Now, increasingly, it is not humans ordering us what to do and what not to do. Machines do that. Algorithms are the enforcers. It scares the bejesus out of me.
It is not that I don't care for the comforts that these machines provide. It is awesome that. for instance, the heater kicks in automatically at five in the morning and warms up the home before I get out of the bed. But, I worry that most of us are mindlessly yielding to computers.
As we transfer agency to computers and software, we also begin to cede control over our desires and decisions.
That loss of agency worries me. It has always worried me. Agency is what I have always urged in my students too. I have even semi-seriously joked that my view of college education is to make sure we don't create automatons out of students, and that I want to make sure they can think.
But, automatons we are rapidly becoming.
Already, many people have learned to defer to algorithms in choosing which film to watch, which meal to cook, which news to follow, even which person to date. (Why think when you can click?) By ceding such choices to outsiders, we inevitably open ourselves to manipulation. Given that the design and workings of algorithms are almost always hidden from us, it can be difficult if not impossible to know whether the choices being made on our behalf reflect our own interests or those of corporations, governments, and other outside parties.

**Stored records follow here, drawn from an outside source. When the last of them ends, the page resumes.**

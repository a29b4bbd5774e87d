//! The making of a primary out of a copy.
ghost use Rattle.std.specs.Prelude.{◌≡◌, ℕ, OnOk};
ghost use Rattle.rom_device.specs.Device.{IsSynced};
ghost use Rattle.rom_name.specs.Adopting.{IsAdopted};

use crate::count::read_own;
use crate::identity::is_named;
use crate::writing::write_epoch;
use rom_device::{Device, Failed};
use rom_frame::HeapName;
use rom_model::Object;

/// The epoch that a heap begins: its number, and the count of updates behind which it does.
#[derive(Clone, Copy, Debug, PartialEq, Eq)]
pub struct Adopted {
    pub name: HeapName,
    pub epoch: u64,
    pub count: u64,
}

/// Why a copy was made no primary.
#[derive(Clone, Copy, Debug, PartialEq, Eq)]
pub enum AdoptRefused {
    /// No heap stands on the device.
    NoHeap,
    /// The heap has no name.
    NoName,
    /// Its epoch is the last that there is.
    LastEpoch,
    /// The device failed. The epoch is as it was, or the next.
    Device,
}

impl From<Failed> for AdoptRefused {
    ghost use Rattle.rom_name.specs.declared.adoption.AdoptRefused.TheVariants.{Device};

    ghost from_gives = { λ _ e. e ≡ Device };

    fn from(_: Failed) -> Self {
        AdoptRefused::Device
    }
}

/// Makes a copy a primary: it begins the epoch behind the last of its heap, at its count of updates. A stream of
/// the old primary is refused from then on, and so is this one's by each copy that has more.
pub fn adopt<D: Device, O: Object>(device: &mut D) -> Result<Adopted, AdoptRefused>
    ensures adopted { IsAdopted D.shown device.old device.new result }
    ensures certain { OnOk result (IsSynced D.shown device.new) }
{
    let Some(own) = read_own::<D, O>(device)? else {
        return Err(AdoptRefused::NoHeap);
    };
    if !is_named(own.identity.name) {
        return Err(AdoptRefused::NoName);
    }
    let Some(epoch) = own.identity.epoch.checked_add(1) else {
        return Err(AdoptRefused::LastEpoch);
    };
    write_epoch(device, epoch, own.count)?;
    Ok(Adopted {
        name: own.identity.name,
        epoch,
        count: own.count,
    })
}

I feel like it is a lost cause. The battle, the war, has been lost. A few of us jumping up and down shouting about these won't matter--most are not even listening to us. Heck, they don't even know we exist!
I often argue, as I did even yesterday, it is all about making conscious decisions about "the trade-offs inherent in offloading tasks and decisions to computers." Agency. " If we don’t accept that responsibility, we risk becoming means to others’ ends."
We humans are becoming more and more like machines. We are becoming robotic, even as robots are getting better and better. And that means:
it will be increasingly impossible to distinguish between humans and robots because of our machine-like behavior as much as robots’ human-like features. And could this eventually become the norm, with humans spending their entire lives acting like machines?
I am sure that even now many amongst us will fail the “Voight-Kampff test," which in Blade Runner was used to "assesses capacity for empathy, a human facility that even the most intelligent androids lack." How else can one explain the election of a man completely devoid of empathy as the President of the US!